Il faut déclencher la musique ici, avant de commencer à lire.
« Sonnet, l’Hiver , attribué à Vivaldi »
Traduire le réel en notes.
Tel est l’art du musicien.
Alors que le froid nous assaille et pousse à nous calfeutrer en nos masures, les notes de Vivaldi font jaillir l’hiver de nos sens à commencer, par l’ouïe, qui de mesure en mesure poursuit la poésie des accords.
Il faut vivre ce concerto en ne faisant qu’un avec le violon solo, ses trilles et les emballements des autres cordes, sans perdre une note de la mandoline qui bat une mesure gaie dans la tourmente.

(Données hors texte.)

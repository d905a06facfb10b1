//! The listing of a log in a database, read from copies of its files in memory, so that nothing is
//! written.

ghost use Rattle.std.specs.Prelude.{IfOk, IfSome, IsTrue};
ghost use Rattle.sqlite_disk.specs.Memory.{memory_is_usable};

use argus_store::{FaultyRow, ListingError, Store, listing_text};
use sqlite::{Alter, Connection, Error, ErrorCode, Files, Options, Row};
use sqlite_disk::{Disk, Memory};
use std::alloc::Global;
use std::{fs, io};

/// The text of a log's listing, and the rows that it is of.
#[derive(Drop)]
pub struct LogListing {
    pub text: Vec<u8>,
    pub opening: Vec<Row>,
    pub batches: Vec<Row>,
}

/// Why a database gives no listing.
#[derive(Drop)]
pub enum DatabaseFault {
    /// There is no such file.
    NoFile,
    /// Another version of the product has written it, in a format that this one doesn't know.
    OtherFormat,
    /// The log wasn't closed, and its WAL, which has the newest work, isn't there or is empty.
    WalMissing,
    /// A transaction without a WAL was broken off: SQLite has to roll it back first.
    HotJournal,
    /// It isn't a database, or not a sound one.
    Unsound,
    /// The database has no log, or is another program's.
    NoLog,
    /// This row of the log doesn't follow from those before it.
    Row(FaultyRow),
    OutOfMemory,
    Read,
}

// What the disk of a copy in memory lacks is memory.
const WITHOUT_MEMORY: [ErrorCode; 3] = [
    ErrorCode::OutOfMemory,
    ErrorCode::DiskFull,
    ErrorCode::SystemIoFailure,
];

impl From<Error> for DatabaseFault {
    fn from(error: Error) -> DatabaseFault {
        if WITHOUT_MEMORY
            .iter()
            .any(|code| error == Error::SqliteFailure(*code))
        {
            DatabaseFault::OutOfMemory
        } else if let Error::SqlInputError(_) = error {
            DatabaseFault::NoLog
        } else {
            DatabaseFault::Unsound
        }
    }
}

impl From<ListingError> for DatabaseFault {
    fn from(error: ListingError) -> DatabaseFault {
        match error {
            ListingError::Row(faulty) => DatabaseFault::Row(faulty),
            ListingError::OutOfMemory => DatabaseFault::OutOfMemory,
        }
    }
}

/// The listing of the log in the database at this path, with the WAL beside it.
pub fn read_log(rt: &HostRuntime, path: &str) -> Result<LogListing, DatabaseFault> {
    let Some(file) = bytes_of(rt, path)? else {
        return Err(DatabaseFault::NoFile);
    };
    check_numbers(file.as_slice())?;
    let db = copy_of(rt, file.as_slice())?;
    let wal = wal_of(rt, path)?;
    let has_wal = wal.is_some();
    let log = match wal {
        Some(wal) => wal,
        None => Memory::new(rt.alloc()),
    };
    list_copies(rt.alloc(), log, db, has_wal)
}

// The listing of the log in these copies of a WAL and a database. It is a function of its own, since
// each local beside the connection makes the check slower.
fn list_copies(
    alloc: Global,
    log: Memory,
    db: Memory,
    has_wal: bool,
) -> Result<LogListing, DatabaseFault>
    requires log { IsTrue (memory_is_usable log) }
    requires db { IsTrue (memory_is_usable db) }
{
    match Connection::open_files(alloc, Files { log, db }, Options::new(0)) {
        Ok(conn) => list(alloc, conn, has_wal),
        Err((error, _)) => Err(DatabaseFault::from(error)),
    }
}

// Compares the two numbers of the file's head by which a log is known: the program's, and the
// format's. A log that Rattle made has 0 for both. What isn't a database is refused later.
fn check_numbers(file: &[u8]) -> Result<(), DatabaseFault> {
    if !file.starts_with(b"SQLite format 3\0") {
        return Ok(());
    }
    if has_other(file.get(68..72), b"ARGU") {
        return Err(DatabaseFault::NoLog);
    }
    if has_other(file.get(60..64), &[0, 0, 0, 1]) {
        return Err(DatabaseFault::OtherFormat);
    }
    Ok(())
}

fn has_other(found: Option<&[u8]>, number: &[u8]) -> bool {
    match found {
        Some(found) => found != number && found != [0, 0, 0, 0].as_slice(),
        None => false,
    }
}

// A WAL without a frame is one that isn't there.
const WAL_HEADER: usize = 32;

// The WAL beside a database; `None` if it isn't there, or is empty.
fn wal_of(rt: &HostRuntime, path: &str) -> Result<Option<Memory>, DatabaseFault>
    ensures { IfOk result (λ wal. IfSome wal (λ file. IsTrue (memory_is_usable file))) }
{
    match bytes_of(rt, beside(rt, path, "-wal")?.as_str())? {
        Some(wal) if wal.len() >= WAL_HEADER => return Ok(Some(copy_of(rt, wal.as_slice())?)),
        Some(_) => return Ok(None),
        None => {}
    }
    match bytes_of(rt, beside(rt, path, "-journal")?.as_str())? {
        Some(journal) if is_hot(journal.as_slice()) => Err(DatabaseFault::HotJournal),
        Some(_) | None => Ok(None),
    }
}

// SQLite writes zeros over a rollback journal's head when the transaction has ended.
fn is_hot(journal: &[u8]) -> bool {
    journal.iter().take(8).any(|byte| *byte != 0)
}

fn beside(rt: &HostRuntime, path: &str, suffix: &str) -> Result<String, DatabaseFault> {
    match format!(in rt.alloc(); "{path}{suffix}") {
        Ok(name) => Ok(name),
        Err(_) => Err(DatabaseFault::OutOfMemory),
    }
}

// A copy of a file in memory.
fn copy_of(rt: &HostRuntime, bytes: &[u8]) -> Result<Memory, DatabaseFault>
    ensures { IfOk result (λ file. IsTrue (memory_is_usable file)) }
{
    let mut copy = Memory::new(rt.alloc());
    match copy.write_at(0, bytes) {
        Ok(()) => Ok(copy),
        Err(_) => Err(DatabaseFault::OutOfMemory),
    }
}

// What a file has. `None`: there is no such file.
fn bytes_of(rt: &HostRuntime, path: &str) -> Result<Option<Vec<u8>>, DatabaseFault> {
    match fs::read(rt, path) {
        Ok(bytes) => Ok(Some(bytes)),
        Err(error) if error.kind() == io::ErrorKind::NotFound => Ok(None),
        Err(error) if error.kind() == io::ErrorKind::OutOfMemory => Err(DatabaseFault::OutOfMemory),
        Err(_) => Err(DatabaseFault::Read),
    }
}

// The listing of the database's log. One that is open has a WAL.
fn list<S: Alter + Drop>(
    alloc: Global,
    conn: Connection<S>,
    has_wal: bool,
) -> Result<LogListing, DatabaseFault> {
    let mut store = Store::over(conn);
    let Some(head) = store.head()? else {
        return Err(DatabaseFault::NoLog);
    };
    if head.is_open && !has_wal {
        return Err(DatabaseFault::WalMissing);
    }
    let (opening, batches) = (store.opening()?, store.batches()?);
    let text = listing_text(alloc, &head, opening.as_slice(), batches.as_slice())?;
    Ok(LogListing {
        text,
        opening,
        batches,
    })
}
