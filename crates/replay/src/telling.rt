//! What the program writes to standard error, and the status that goes with it. If standard error
//! can't be written, only the status says what was wrong.

use crate::database::{DatabaseFault, LogListing};
use argus_cli::{FaultyLine, ReplayError};
use argus_store::{FaultyRow, RowFault, RowLine, Table};
use argus_values::Heap;
use std::process::ExitCode;

/// Ends a replay that has no listing, or not all of it.
pub fn end_with_error(
    rt: &impl Eprint,
    heap: Option<Heap>,
    error: ReplayError,
    log: Option<&LogListing>,
) -> ExitCode {
    let status = error.status();
    match (error, heap) {
        (ReplayError::Line(faulty), Some(heap)) => tell_line(rt, heap, faulty, log),
        (ReplayError::Line(_), None) => {}
        (ReplayError::OutOfMemory, _) => tell(rt, "out of memory"),
        (ReplayError::Read, _) => tell(rt, "read fault"),
        (ReplayError::Write, _) => tell(rt, "write fault"),
    }
    ExitCode::from(status)
}

/// Tells a faulty line; of a log also its row. Without memory for the text of the fault, `out of
/// memory` is written in its place.
pub fn tell_line(rt: &impl Eprint, heap: Heap, mut faulty: FaultyLine, log: Option<&LogListing>) {
    let mut text = String::new(heap.room());
    if let Some(log) = log {
        let place = place_in(log, faulty.line);
        faulty.line = place.line;
        if write!(text, "table {}, row {}, ", name_of(place.table), place.row).is_err() {
            tell(rt, "out of memory");
            return;
        }
    }
    if faulty.write(&mut text).is_ok() {
        tell(rt, &text);
    } else {
        tell(rt, "out of memory");
    }
}

// Where a log has this line of its listing. A line behind all others would have been in the row of
// `log`, which says where they end.
fn place_in(log: &LogListing, line: u64) -> RowLine {
    match RowLine::of_listing(log.opening.as_slice(), log.batches.as_slice(), line) {
        Some(place) => place,
        None => RowLine {
            table: Table::Log,
            row: 0,
            line,
        },
    }
}

/// Tells what is wrong with a database, and returns the status.
pub fn tell_database_fault(rt: &impl Eprint, fault: &DatabaseFault) -> u8 {
    let (text, status) = match fault {
        DatabaseFault::NoFile => ("database: NoFile", 5),
        DatabaseFault::OtherFormat => ("database: OtherFormat", 3),
        DatabaseFault::WalMissing => ("database: WalMissing", 3),
        DatabaseFault::HotJournal => ("database: HotJournal", 3),
        DatabaseFault::Unsound => ("database: Unsound", 3),
        DatabaseFault::NoLog => ("database: NoLog", 3),
        DatabaseFault::OutOfMemory => ("out of memory", 4),
        DatabaseFault::Read => ("read fault", 5),
        DatabaseFault::Row(faulty) => {
            tell_row(rt, faulty);
            return 3;
        }
    };
    tell(rt, text);
    status
}

fn tell_row(rt: &impl Eprint, faulty: &FaultyRow) {
    let FaultyRow { table, row, fault } = *faulty;
    let _ = eprintln!(rt;
        "table {}, row {row}: {}",
        name_of(table),
        fault_name(fault)
    );
}

fn name_of(table: Table) -> &'static str {
    match table {
        Table::Log => "log",
        Table::Opening => "opening",
        Table::Batch => "batch",
    }
}

fn fault_name(fault: RowFault) -> &'static str {
    match fault {
        RowFault::Number => "Number",
        RowFault::Kind => "Kind",
        RowFault::TooLarge => "TooLarge",
        RowFault::Sum => "Sum",
    }
}

fn tell(rt: &impl Eprint, text: &str) {
    let _ = rt.eprintln(text);
}
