//! The page, as scripts/page.py writes it.

// The policy of the page.
pub(crate) const POLICY: &str =
    "default-src 'none'; script-src 'sha256-sKaQfywH5S690zuWkW5dw0k4PsAoBhZIq/qhjQGzOd4='; style-src 'sha256-rwptB6V3j7C9RUYU45deu6HKvCkiW6lYFRte+Sm6CU4='; img-src data:; connect-src 'self'; base-uri 'none'; form-action 'none'; frame-ancestors 'none'";
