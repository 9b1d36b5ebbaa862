//! The whole state of the heap, the rules that it keeps, and the effect of each event.
#![tactic(auto)]

ghost use Rattle.std.specs.Prelude.{◌≡◌, ◌≢◌, ◌⊎◌, ◌+◌, ◌-◌, ◌*◌, ◌<◌, ◌≤◌, ◌↔◌, ◌&&◌, ℕ, nat_lt, length, reverse, take, replicate, Some, None, true, false, IsTrue, Contains, IsSome, IfSome, IfOk, IfErr, OnOk, OnErr, slice_get, slice_set};
ghost use Rattle.heap_class.specs.Classes.{instance_class, is_instance_class, slots_of};
ghost use Rattle.heap_class.specs.Limits.{class_limit};
ghost use Rattle.heap_class.specs.Refusals.{IsAnswered};
ghost use Rattle.heap_class.specs.declared.IdSize.TheVariants.{Eight};
ghost use Rattle.heap_class.specs.declared.ObjKind.TheVariants.{Instance};
ghost use Rattle.heap_class.specs.declared.Refusal.TheVariants.{NoMemory, NullRegister, BadSlot, HeapFull};
ghost use Rattle.heap_region.specs.Regions.{object_at, ref_of, slot_kinds, with_word};
ghost use Rattle.heap_region.specs.Pool.{new_place, is_fresh, unallocated};
ghost use Rattle.heap_world.specs.Limits.{AreHeapSettings, AreLimits, AreNarrowSettings, HeapSettings, mutator_limit, narrow_limits, registers_each, wide_limits, with_area};
ghost use Rattle.heap_world.specs.State.{HeapState, opening_state, is_register, register, with_register, pool_of, with_pool, place_in, slot_kind};
ghost use Rattle.heap_world.specs.Legal.{IsLegal, MayHold};
ghost use Rattle.heap_world.specs.Events.{is_full, new_array_refusal, new_refusal, after_new, put_refusal, after_put, IsNewClass, IsNewObject, IsSlotAt};

mod arrays;
mod marking;
mod references;
mod sweeping;

use heap_class::{
    ClassLimits, ClassNo, Classes, IdSize, Kind, KindClass, NewClass, ObjKind, ObjRef, Refusal,
    WIDEST_CLASSES,
};
use heap_mark::{Marker, Phase};
use heap_region::Regions;
use std::alloc::Global;
use std::marker::Model;

/// The largest number of regions of a wide heap.
pub const REGION_LIMIT: u64 = 65536;

/// The largest number of mutators of a heap.
pub const MUTATOR_LIMIT: u64 = 16;

/// The number of registers of each mutator.
pub const REGISTERS_EACH: u64 = 8;

/// The largest number of elements of an array in a heap without an area.
pub const ARRAY_LIMIT: u64 = 1024;

/// The largest number of elements of an array in a heap with an area.
pub const LARGE_ARRAY_LIMIT: u64 = 2_097_147;

/// The largest number of steps that can be undone in a wide heap.
pub const KEEP_LIMIT: u64 = 16_777_216;

/// What a heap allows. No event changes it.
#[derive(Clone, Copy)]
pub struct Limits {
    /// What it allows of its classes and their names.
    pub classes: ClassLimits,
    /// The largest number of open pins, lost ones included: at most 64.
    pub pins: u64,
    /// The largest number of elements of an array: at most 2,097,147.
    pub elements: u64,
    /// The number of regions of the area, in which arrays of more than 1,024 elements lie.
    pub area: u64,
}

/// What a heap allows that isn't wide: 256 classes, names of 64 letters, digits and `_$/[;.`, and 4 pins.
pub const NARROW_LIMITS: Limits = Limits {
    classes: ClassLimits {
        classes: 256,
        name_bytes: 64,
        any_sign: false,
    },
    pins: 4,
    elements: ARRAY_LIMIT,
    area: 0,
};

/// What a wide heap allows: 4,096 classes, names of 255 bytes that print a sign, except the colon, and 64 pins.
pub const WIDE_LIMITS: Limits = Limits {
    classes: WIDEST_CLASSES,
    pins: 64,
    elements: ARRAY_LIMIT,
    area: 0,
};

/// The largest number of regions of a heap that isn't wide.
pub const NARROW_REGIONS: u64 = 256;

/// The largest number of steps that can be undone in a heap that isn't wide.
pub const NARROW_KEEP: u64 = 65536;

// The largest number of cells of a region.
const CELLS_EACH: u64 = 256;

/// The settings of a heap: 1 to 256 regions, in a wide heap 1 to 65,536; 1 to 16 mutators; 1 to 65,536 steps that can be undone,
/// in a wide heap 1 to 2^24; the size of the ids in its dumps; and what it allows of classes, their names and pins.
#[derive(Clone, Copy)]
pub struct Config {
    regions: u64,
    mutators: u64,
    keep: u64,
    ids: IdSize,
    limits: Limits,
}

impl Model for Config {
    ghost use Rattle.std.specs.Prelude.{◌<◌};
    ghost use Rattle.heap_world.specs.Limits.{AreHeapSettings, AreLimits, HeapSettings};

    ghost Value = { HeapSettings };

    ghost view = { λ c.
        record {
          regions = c.regions;
          mutators = c.mutators;
          keep = c.keep;
          ids = c.ids;
          limits = c.limits;
        } };

    ghost inverse = { λ c.
        record {
          regions = c.regions;
          mutators = c.mutators;
          keep = c.keep;
          ids = c.ids;
          limits = c.limits;
        } };

    ghost invariant = { λ c. AreHeapSettings c.regions c.mutators c.keep × AreLimits c.limits
        × (c.limits.area < c.regions) };
}
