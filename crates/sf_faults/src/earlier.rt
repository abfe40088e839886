//! Whether an edge of a ring meets an earlier one, by the boxes of edges.

ghost use Rattle.std.specs.Prelude.{◌≡◌, ◌+◌, ◌<◌, ℕ, IfOk, IsTrue, drop, length};
ghost use Rattle.std.specs.List.{zip};
ghost use Rattle.sf_valid_rules.specs.Conditions.{Applies, Condition};
ghost use Rattle.sf_strands.specs.Pairs.{pair_meets};
ghost use Rattle.sf_strands.specs.Tight.{IsTight};

use crate::crossings::does_pair_meet;
use sf_edge_tree::{EdgeTest, EdgeTree};
use sf_geometry::Extent;
use sf_grid::GridPoint;
use std::alloc::{AllocError, Global};

/// The edges of a tight list, in order, with boxes over runs of them.
pub(crate) fn edge_tree(alloc: Global, points: &[GridPoint]) -> Result<EdgeTree, AllocError>
    ensures { IfOk result (λ tree. tree ≡ zip points.now (drop 1 points.now)) }
{
    EdgeTree::new(alloc, edges_between(alloc, points)?)
}

/// The edges of a tight list, in order.
fn edges_between(
    alloc: Global,
    points: &[GridPoint],
) -> Result<Vec<(GridPoint, GridPoint)>, AllocError>
    ensures { IfOk result (λ edges. edges.items ≡ zip points.now (drop 1 points.now)) }
{
    points
        .iter()
        .zip(points.iter().skip(1))
        .map(|(from, to)| (*from, *to))
        .collect(alloc)
}

/// Whether an edge of a tight list, of whose edges this is the tree, meets no earlier one; false also where that is not known.
pub(crate) fn meets_no_earlier(tree: &EdgeTree, points: &[GridPoint], edge: usize) -> bool
    requires edges { tree.now ≡ zip points.now (drop 1 points.now) }
    requires tight { IsTight points.now }
    requires in_range { edge + 1 < length points.now }
    ensures { IsTrue result → (earlier : ℕ) → earlier < edge → ¬ (Applies (Condition.AtPoint (pair_meets points.now earlier edge))) }
{
    let own = tree.edges()[edge];
    let extent = Extent::at(own.0).with(own.1);
    let mut looks = usize::MAX;
    tree.find_near(extent, &MeetingEarlier { points, edge }, &mut looks)
        .is_absent()
}

/// Searches for edges of a tight list that stand before an edge and meet it.
#[derive(Drop)]
struct MeetingEarlier<'a> {
    points: &'a [GridPoint],
    edge: usize,
}

impl EdgeTest for MeetingEarlier<'_> {
    ghost use Rattle.std.specs.Prelude.{◌+◌, ◌<◌, length};
    ghost use Rattle.sf_valid_rules.specs.Conditions.{Applies, AtPoint};
    ghost use Rattle.sf_strands.specs.Pairs.{pair_meets};
    ghost use Rattle.sf_strands.specs.Tight.{IsTight};

    ghost CanTest = { λ s earlier. IsTight s.points.now × (s.edge + 1 < length s.points.now) };

    ghost Passes = { λ s earlier. (earlier < s.edge) × Applies (AtPoint (pair_meets s.points.now earlier s.edge)) };

    fn test(&self, edge: usize, _looks: &mut usize) -> bool {
        edge < self.edge && does_pair_meet(self.points, edge, self.edge)
    }
}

Blanches, noires, croches et double-croches virevoltent comme les flocons, comme le souffle coupant de la bise glacée qui arrête le nôtre.
Aux trépidations des notes répondent les saccades, pizzicato, à cordes pincées, du sonnet :
– Trembler violemment dans la neige étincelante,
Au souffle rude d’un vent terrible,
Courir, taper des pieds à tout moment
Et, dans l’excessive froidure, claquer des dents ; »
Les battements du cœur mis à mal par l’allegro non molto, tempèrent leur enthousiasme sur le largo.
Sur la dernière note, il est permis de souffler.
Même de se reposer, de se calfeutrer dans la chaleur du tempo et le crépitement du feu.
Avec un peu d’imagination, il serait presque possible d’humer le parfum du bois léché par les flammes et de la cendre chaude.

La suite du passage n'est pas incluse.